Abstract

In this paper we consider the problem of scheduling “n” independent fades on “m” parallel processors. Each job consists of a single operation with a specific processing time and due date. The processors are identical and the operation of the system is non-preemptive. The objective is to schedule the jobs in such a way that the total tardiness of the n jobs is as small as possible. For the case of a single processor with n jobs, there exists algorithms which provide optimal solutions. On the other hand currently available optimal scheduling algorithms for multiple processors can handle only small problems. Therefore, practitioners are forced to use heuristic methods to schedule their jobs on multiple processors. This raises questions of the following nature: “Are we scheduling our jobs reasonably well? Are there other schedules with which our total tardiness can be lowered substantially? How far off might the heuristic solution be, from the optimal solution?” The study reported in this paper focuses on a heuristic which can handle reasonably large problems, and yet can be simply and economically implemented.
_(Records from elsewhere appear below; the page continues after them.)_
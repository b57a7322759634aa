//! What the program does for each command.
use crate::files;
use answers::refusal::Refusal;
use formula::formula::Formula;
use formula_text::describe::{Description, Summary};
use record_source::cursor::RecordSource;
use source::marked::Marked;
use source_text::list::list;
use std::fmt;
use std::io::Write;
use std::process::ExitCode;
use text_source::cursor::TextSource;

const USAGE: &str =
    "usage: lanykuv                  read the formula f.cnf of this folder\n       lanykuv formula FILE     read a formula and print it\n       lanykuv items FILE       print the items of a partial proof in LRAT text\n       lanykuv records FILE     print the items of a partial proof in records\n       lanykuv help             print this\n";

/// The files of the current folder.
pub(crate) fn job(rt: &HostRuntime) -> anyhow::Result<ExitCode> {
    show(rt, "f.cnf", |text, formula| {
        let summary = Summary(formula);
        write!(text, "{summary}")?;
        Ok(())
    })
}

/// A command that takes no file.
pub(crate) fn alone(rt: &HostRuntime, command: &str) -> anyhow::Result<ExitCode> {
    match command {
        "help" => {
            rt.print(USAGE)?;
            Ok(ExitCode::SUCCESS)
        }
        _ => misused(rt),
    }
}

/// A command that takes a file.
pub(crate) fn with_file(rt: &HostRuntime, command: &str, file: &str) -> anyhow::Result<ExitCode> {
    match command {
        "formula" => show(rt, file, |text, formula| {
            let description = Description(formula);
            write!(text, "{description}")?;
            Ok(())
        }),
        "items" => {
            let bytes = files::read(rt, file)?;
            show_items(rt, &mut TextSource::new(bytes.as_slice()))
        }
        "records" => {
            let bytes = files::read(rt, file)?;
            show_items(rt, &mut RecordSource::new(bytes.as_slice()))
        }
        _ => misused(rt),
    }
}

/// No command of the usage.
pub(crate) fn misused(rt: &HostRuntime) -> anyhow::Result<ExitCode> {
    rt.eprint(USAGE)?;
    Ok(ExitCode::FAILURE)
}

// Reads a formula and prints what `describe` writes of it. Want of memory there is a `fmt::Error`, as in `list`.
fn show<F: FnOnce(&mut String, &Formula) -> fmt::Result>(
    rt: &HostRuntime,
    path: &str,
    describe: F,
) -> anyhow::Result<ExitCode>
    requires { F.IsAlwaysCallable describe }
{
    let heap = rt.alloc();
    let bytes = files::read(rt, path)?;
    let mut literals = files::literal_table(heap, bytes.as_slice())?;
    let mut spans = files::span_table(heap, bytes.as_slice())?;
    let mut formula = Formula::over(literals.as_mut_slice(), spans.as_mut_slice());
    if let Err(refusal) = formula.read(bytes.as_slice()) {
        return refuse(rt, path, refusal);
    }
    let mut text = String::new(heap);
    describe(&mut text, &formula)?;
    rt.stdout().write_all(text.as_bytes())?;
    Ok(ExitCode::SUCCESS)
}

// Prints the items of a source, and its ending.
fn show_items<S: Marked>(rt: &HostRuntime, source: &mut S) -> anyhow::Result<ExitCode> {
    let mut text = String::new(rt.alloc());
    list(&mut text, source)?;
    rt.stdout().write_all(text.as_bytes())?;
    Ok(ExitCode::SUCCESS)
}

// Prints the refusal's line, and what it means on standard error.
fn refuse(rt: &HostRuntime, path: &str, refusal: Refusal) -> anyhow::Result<ExitCode> {
    rt.println(refusal)?;
    let place = refusal.place;
    let meaning = refusal.fault;
    eprintln!(rt; "lanykuv: {path}, line {place}: {meaning}")?;
    Ok(ExitCode::FAILURE)
}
Experiments are conducted by establishing lower bounds for the optimal total tardiness of randomly generated scheduling problems. These lower bounds are then compared with the total tardiness obtained from the heuristic. It is found that the heuristic under study provides solutions which are quite close to the optimal ones. The experiments include 560 randomly generated problems that range from “loose” to “tight” in due dates, with varying numbers of jobs and processors. A nonparametric statistical analysis is presented to generalize the results.